◆ About this task
Please output the data below exactly as given, starting at its first line and stopping after the line that contains "impl<A: Allocator + Copy, D: Drop>".

§

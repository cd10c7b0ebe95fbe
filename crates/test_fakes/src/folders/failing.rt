//! Folders that fail at one call, for tests.
ghost use Rattle.std.specs.Prelude.{◌≡◌, ◌≤◌, ◌^◌, true, false};
ghost use Rattle.poll_rounds.specs.Folders.{CountsFailure};

use notify_paths::{Error, ErrorKind, PathBuf};
use poll_listing::Found;
use poll_rounds::Folders;
use std::alloc::Allocator;
use std::io;

/// Other folders, of which one call fails as a device does. They tell what the others tell.
#[derive(Drop)]
pub struct FailingFolders<A: Allocator, D: Drop> {
    alloc: A,
    inner: D,
    calls: u64,
    failing_call: u64,
    failures: u64,
}

impl<A: Allocator + Copy, D: Drop> FailingFolders<A, D> {
    /// Returns the folders whose call of this number fails; the first call has number 0.
    pub fn new(alloc: A, inner: D, failing_call: u64) -> FailingFolders<A, D>
        ensures { result.inner ≡ inner }
    {
        FailingFolders {
            alloc,
            inner,
            calls: 0,
            failing_call,
            failures: 0,
        }
    }

    /// Counts a failure.
    fn count_failure(&mut self)
        ensures inner { self.new.inner ≡ self.old.inner }
        ensures counted { CountsFailure self.old.failures self.new.failures }
    {
        self.failures = self.failures.saturating_add(1);
    }

    /// Whether this call is the one that fails.
    fn fails(&mut self) -> bool
        ensures inner { self.new.inner ≡ self.old.inner }
        ensures same { self.new.failures ≡ self.old.failures }
    {
        let call = self.calls;
        self.calls = self.calls.saturating_add(1);
        call == self.failing_call
    }
}

impl<A: Allocator + Copy, D: Folders<A> + Drop> Folders<A> for FailingFolders<A, D> {
    ghost told = { λ s. D.told s.inner };

    ghost failed = { λ s. s.failures };

    fn look(&mut self, path: &PathBuf<A>) -> Result<Option<Found>, Error<A>> {
        if self.fails() {
            self.count_failure();
            return Err(Error::new(self.alloc, ErrorKind::Io(io::ErrorKind::Other)));
        }
        match self.inner.look(path) {
            Ok(found) => Ok(found),
            Err(error) => {
                self.count_failure();
                Err(error)
            },
        }
    }

    fn names(&mut self, path: &PathBuf<A>) -> Result<Option<Vec<String<A>, A>>, Error<A>> {
        if self.fails() {
            self.count_failure();
            return Err(Error::new(self.alloc, ErrorKind::Io(io::ErrorKind::Other)));
        }
        match self.inner.names(path) {
            Ok(names) => Ok(names),
            Err(error) => {
                self.count_failure();
                Err(error)
            },
        }
    }

    fn failures(&self) -> u64 {
        self.failures
    }
}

§

◆ Task result
repository cd10c7b0ebe95fbe
filename crates/test_fakes/src/folders/failing.rt
//! Folders that fail at one call, for tests.
ghost use Rattle.std.specs.Prelude.{◌≡◌, ◌≤◌, ◌^◌, true, false};
ghost use Rattle.poll_rounds.specs.Folders.{CountsFailure};

use notify_paths::{Error, ErrorKind, PathBuf};
use poll_listing::Found;
use poll_rounds::Folders;
use std::alloc::Allocator;
use std::io;

/// Other folders, of which one call fails as a device does. They tell what the others tell.
#[derive(Drop)]
pub struct FailingFolders<A: Allocator, D: Drop> {
    alloc: A,
    inner: D,
    calls: u64,
    failing_call: u64,
    failures: u64,
}

impl<A: Allocator + Copy, D: Drop> FailingFolders<A, D> {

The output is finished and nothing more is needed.